TASK DATA Block Start

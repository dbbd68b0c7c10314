//! Ways round the circle, and the ranks that they cover.
ghost use Rattle.std.specs.Prelude.{◌≡◌, ℕ, ◌<◌, ◌&&◌, ◌||◌, IfOk, false, length, map, nat_lt};
ghost use Rattle.std.specs.List.{range_with_len};
ghost use Rattle.chord_audit.specs.Tables.{covers, is_inside};

use chord_event::Memory;
use std::alloc::Global;

/// Ways round the circle, each from one rank to another, kept by the ranks that they cover.
#[derive(Drop)]
pub(crate) struct Arcs {
    /// The ways that come round past the last rank cover the ranks below this.
    pub first: usize,
    /// The ways that begin at a rank cover those after it and below this.
    pub far: Vec<usize>,
}

impl Arcs {
    /// No ways, over `ranks` ranks.
    pub fn new(alloc: Global, ranks: usize) -> Result<Arcs, Memory>
        ensures length { IfOk result (λ arcs. length arcs.far.items ≡ ranks) }
        ensures none { IfOk result (λ arcs. (k : ℕ) → covers arcs k ≡ false) }
    {
        let mut far = Vec::new(alloc);
        far.resize(ranks, 0)?;
        Ok(Arcs { first: 0, far })
    }

    /// Adds the way from rank a up to rank b, which goes round if b is not above a.
    pub fn add(&mut self, a: usize, b: usize)
        requires a { a < length self.old.far.items }
        requires b { b < length self.old.far.items }
        ensures length { length self.new.far.items ≡ length self.old.far.items }
        ensures covered { (k : ℕ) → k < length self.old.far.items → covers self.new k ≡ (covers self.old k || is_inside a k b) }
    {
        if a < b {
            self.reach(a, b);
        } else {
            self.first = self.first.max(b);
            let ranks = self.far.len();
            self.reach(a, ranks);
        }
    }

    /// Adds the way from rank a on that ends before another rank.
    fn reach(&mut self, a: usize, end: usize)
        requires { a < length self.old.far.items }
        ensures first { self.new.first ≡ self.old.first }
        ensures length { length self.new.far.items ≡ length self.old.far.items }
        ensures covered { (k : ℕ) → covers self.new k ≡ (covers self.old k || (nat_lt a k && nat_lt k end)) }
    {
        self.far[a] = self.far[a].max(end);
    }

    /// Whether each rank is covered.
    pub fn covered(&self, alloc: Global) -> Result<Vec<bool>, Memory>
        ensures { IfOk result (λ marks. marks.items ≡ map (covers self.now) (range_with_len 0 (length self.now.far.items))) }
    {
        let mut marks = Vec::new(alloc);
        let mut top = self.first;
        for (rank, end) in self.far.iter().enumerate() {
            marks.push(rank < top)?;
            top = top.max(*end);
        }
        Ok(marks)
    }
}
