//! One block of ChaCha8, the sixteen words of one place of the block counter.

ghost use Rattle.std.specs.Prelude.{◌≡◌, ℕ, ◌+◌, ◌%◌, ◌^◌, ◌/◌, ◌<◌, slice_index, length, map, replicate, [], ◌∷◌};
ghost use Rattle.std.specs.List.{concat};
ghost use Rattle.std.specs.Simd.Lanes.{zip2};
ghost use Rattle.rand_chacha.specs.Block.{xor_rotate, column_round, diagonal_round, initial_state, block_word};

use std::simd::u32x4;

/// Word `k` of the block that has this number in the key stream of `key` and `nonce`.
// rand_chacha makes four blocks at a time, and a draw needs one word. So one block is made here,
// each row of its state in one vector.
pub(crate) fn block(key: &[u32; 8], counter: u64, nonce: u64) -> [u32; 16]
    ensures { (k : ℕ) → k < 16 → slice_index result k ≡ block_word 4 key.now counter nonce k }
{
    let start = starting_rows(key, counter, nonce);
    let mixed = double_round(double_round(double_round(double_round(start))));
    let [a, b, c, d] = start;
    let [e, f, g, h] = mixed;
    words([e + a, f + b, g + c, h + d])
}

/// The rows of the state from which the rounds begin.
fn starting_rows(key: &[u32; 8], counter: u64, nonce: u64) -> [u32x4; 4]
    ensures value { concat result ≡ initial_state key.now counter nonce }
    ensures long { map (λ row. length row) result ≡ replicate 4 4 }
{
    let [a, b, c, d, e, f, g, h] = *key;
    [
        u32x4::from_array([0x6170_7865, 0x3320_646e, 0x7962_2d32, 0x6b20_6574]),
        u32x4::from_array([a, b, c, d]),
        u32x4::from_array([e, f, g, h]),
        u32x4::from_array([
            low_half(counter),
            high_half(counter),
            low_half(nonce),
            high_half(nonce),
        ]),
    ]
}

/// The low 32 bits of a number.
pub(crate) fn low_half(number: u64) -> u32
    ensures { result ≡ number % 2 ^ 32 }
{
    (number & 0xffff_ffff) as u32
}

/// The high 32 bits of a number.
pub(crate) fn high_half(number: u64) -> u32
    ensures { result ≡ number / 2 ^ 32 }
{
    (number >> 32) as u32
}

/// The words of four rows, one row after another.
fn words(rows: [u32x4; 4]) -> [u32; 16]
    ensures { result ≡ concat rows }
{
    let [first, second, third, fourth] = rows;
    let [a, b, c, d] = first.to_array();
    let [e, f, g, h] = second.to_array();
    let [i, j, k, l] = third.to_array();
    let [m, n, o, p] = fourth.to_array();
    [a, b, c, d, e, f, g, h, i, j, k, l, m, n, o, p]
}

/// A round on the columns, and then one on the diagonals: each row is turned until the diagonals are
/// columns, and back.
fn double_round(rows: [u32x4; 4]) -> [u32x4; 4]
    ensures value { concat result ≡ diagonal_round (column_round (concat rows)) }
    ensures long { map (λ row. length row) result ≡ replicate 4 4 }
{
    let [a, b, c, d] = rows;
    let [a, b, c, d] = mix_columns(a, b, c, d);
    let [a, b, c, d] = mix_columns(
        a,
        b.rotate_elements_left::<1>(),
        c.rotate_elements_left::<2>(),
        d.rotate_elements_left::<3>(),
    );
    [
        a,
        b.rotate_elements_right::<1>(),
        c.rotate_elements_right::<2>(),
        d.rotate_elements_right::<3>(),
    ]
}

/// One quarter round on each column, in all lanes at once.
fn mix_columns(a: u32x4, b: u32x4, c: u32x4, d: u32x4) -> [u32x4; 4]
    ensures value { concat result ≡ column_round (concat (a ∷ b ∷ c ∷ d ∷ [])) }
    ensures long { map (λ row. length row) result ≡ replicate 4 4 }
{
    let a = a + b;
    let d = stir(d, a, 16);
    let c = c + d;
    let b = stir(b, c, 12);
    let a = a + b;
    let d = stir(d, a, 8);
    let c = c + d;
    [a, stir(b, c, 7), c, d]
}

/// The exclusive or of two rows, each lane rotated to the left by `bits`.
fn stir(row: u32x4, other: u32x4, bits: u32) -> u32x4
    requires { (0 < bits) × (bits < 32) }
    ensures { result ≡ zip2 (λ x y. xor_rotate x y bits) row other }
{
    let both = row ^ other;
    (both << u32x4::splat(bits)) | (both >> u32x4::splat(32 - bits))
}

TASK DATA Block End

▸ **PROBLEM STATEMENT**
Go through the entries above and reproduce each one exactly.

▸ **TASK OUTPUT**
repository dbbd68b0c7c10314
//! Ways round the circle, and the ranks that they cover.
ghost use Rattle.std.specs.Prelude.{◌≡◌, ℕ, ◌<◌, ◌&&◌, ◌||◌, IfOk, false, length, map, nat_lt};
ghost use Rattle.std.specs.List.{range_with_len};
ghost use Rattle.chord_audit.specs.Tables.{covers, is_inside};

use chord_event::Memory;
use std::alloc::Global;

/// Ways round the circle, each from one rank to another, kept by the ranks that they cover.
#[derive(Drop)]
pub(crate) struct Arcs {
    /// The ways that come round past the last rank cover the ranks below this.
    pub first: usize,
    /// The ways that begin at a rank cover those after it and below this.
    pub far: Vec<usize>,
}

impl Arcs {
    /// No ways, over `ranks` ranks.
    pub fn new(alloc: Global, ranks: usize) -> Result<Arcs, Memory>
        ensures length { IfOk result (λ arcs. length arcs.far.items ≡ ranks) }
        ensures none { IfOk result (λ arcs. (k : ℕ) → covers arcs k ≡ false) }
    {
        let mut far = Vec::new(alloc);
        far.resize(ranks, 0)?;
        Ok(Arcs { first: 0, far })
    }

    /// Adds the way from rank a up to rank b, which goes round if b is not above a.
    pub fn add(&mut self, a: usize, b: usize)
        requires a { a < length self.old.far.items }
        requires b { b < length self.old.far.items }
        ensures length { length self.new.far.items ≡ length self.old.far.items }
        ensures covered { (k : ℕ) → k < length self.old.far.items → covers self.new k ≡ (covers self.old k || is_inside a k b) }
    {
        if a < b {
            self.reach(a, b);
        } else {
            self.first = self.first.max(b);
            let ranks = self.far.len();
            self.reach(a, ranks);
        }
    }

    /// Adds the way from rank a on that ends before another rank.
    fn reach(&mut self, a: usize, end: usize)
        requires { a < length self.old.far.items }
        ensures first { self.new.first ≡ self.old.first }
        ensures length { length self.new.far.items ≡ length self.old.far.items }
        ensures covered { (k : ℕ) → covers self.new k ≡ (covers self.old k || (nat_lt a k && nat_lt k end)) }
    {
        self.far[a] = self.far[a].max(end);
    }

    /// Whether each rank is covered.
    pub fn covered(&self, alloc: Global) -> Result<Vec<bool>, Memory>
        ensures { IfOk result (λ marks. marks.items ≡ map (covers self.now) (range_with_len 0 (length self.now.far.items))) }
    {
        let mut marks = Vec::new(alloc);
        let mut top = self.first;
        for (rank, end) in self.far.iter().enumerate() {
            marks.push(rank < top)?;
            top = top.max(*end);
        }
        Ok(marks)
    }
}
//! One block of ChaCha8, the sixteen words of one place of the block counter.

ghost use Rattle.std.specs.Prelude.{◌≡◌, ℕ, ◌+◌, ◌%◌, ◌^◌, ◌/◌, ◌<◌, slice_index, length, map, replicate, [], ◌∷◌};
ghost use Rattle.std.specs.List.{concat};
ghost use Rattle.std.specs.Simd.Lanes.{zip2};
ghost use Rattle.rand_chacha.specs.Block.{xor_rotate, column_round, diagonal_round, initial_state, block_word};

use std::simd::u32x4;

/// Word `k` of the block that has this number in the key stream of `key` and `nonce`.
// rand_chacha makes four blocks at a time, and a draw needs one word. So one block is made here,
// each row of its state in one vector.
pub(crate) fn block(key: &[u32; 8], counter: u64, nonce: u64) -> [u32; 16]
    ensures { (k : ℕ) → k < 16 → slice_index result k ≡ block_word 4 key.now counter nonce k }
{
    let start = starting_rows(key, counter, nonce);
    let mixed = double_round(double_round(double_round(double_round(start))));
    let [a, b, c, d] = start;
    let [e, f, g, h] = mixed;
    words([e + a, f + b, g + c, h + d])
}

/// The rows of the state from which the rounds begin.
fn starting_rows(key: &[u32; 8], counter: u64, nonce: u64) -> [u32x4; 4]
    ensures value { concat result ≡ initial_state key.now counter nonce }
    ensures long { map (λ row. length row) result ≡ replicate 4 4 }
{
    let [a, b, c, d, e, f, g, h] = *key;
    [
        u32x4::from_array([0x6170_7865, 0x3320_646e, 0x7962_2d32, 0x6b20_6574]),
        u32x4::from_array([a, b, c, d]),
        u32x4::from_array([e, f, g, h]),
        u32x4::from_array([
            low_half(counter),
            high_half(counter),
            low_half(nonce),
            high_half(nonce),
        ]),
    ]
}

/// The low 32 bits of a number.
pub(crate) fn low_half(number: u64) -> u32
    ensures { result ≡ number % 2 ^ 32 }
{
    (number & 0xffff_ffff) as u32
}

/// The high 32 bits of a number.
pub(crate) fn high_half(number: u64) -> u32
    ensures { result ≡ number / 2 ^ 32 }
{
    (number >> 32) as u32
}

/// The words of four rows, one row after another.
fn words(rows: [u32x4; 4]) -> [u32; 16]
    ensures { result ≡ concat rows }
{
    let [first, second, third, fourth] = rows;
    let [a, b, c, d] = first.to_array();
    let [e, f, g, h] = second.to_array();
    let [i, j, k, l] = third.to_array();
    let [m, n, o, p] = fourth.to_array();
    [a, b, c, d, e, f, g, h, i, j, k, l, m, n, o, p]
}

/// A round on the columns, and then one on the diagonals: each row is turned until the diagonals are
/// columns, and back.
fn double_round(rows: [u32x4; 4]) -> [u32x4; 4]
    ensures value { concat result ≡ diagonal_round (column_round (concat rows)) }
    ensures long { map (λ row. length row) result ≡ replicate 4 4 }
{
    let [a, b, c, d] = rows;
    let [a, b, c, d] = mix_columns(a, b, c, d);
    let [a, b, c, d] = mix_columns(
        a,
        b.rotate_elements_left::<1>(),
        c.rotate_elements_left::<2>(),
        d.rotate_elements_left::<3>(),
    );
    [
        a,
        b.rotate_elements_right::<1>(),
        c.rotate_elements_right::<2>(),
        d.rotate_elements_right::<3>(),
    ]
}

/// One quarter round on each column, in all lanes at once.
fn mix_columns(a: u32x4, b: u32x4, c: u32x4, d: u32x4) -> [u32x4; 4]
    ensures value { concat result ≡ column_round (concat (a ∷ b ∷ c ∷ d ∷ [])) }
    ensures long { map (λ row. length row) result ≡ replicate 4 4 }
{
    let a = a + b;
    let d = stir(d, a, 16);
    let c = c + d;
    let b = stir(b, c, 12);
    let a = a + b;
    let d = stir(d, a, 8);
    let c = c + d;
    [a, stir(b, c, 7), c, d]
}

/// The exclusive or of two rows, each lane rotated to the left by `bits`.
fn stir(row: u32x4, other: u32x4, bits: u32) -> u32x4
    requires { (0 < bits) × (bits < 32) }
    ensures { result ≡ zip2 (λ x y. xor_rotate x y bits) row other }
{
    let both = row ^ other;
    (both << u32x4::splat(bits)) | (both >> u32x4::splat(32 - bits))
}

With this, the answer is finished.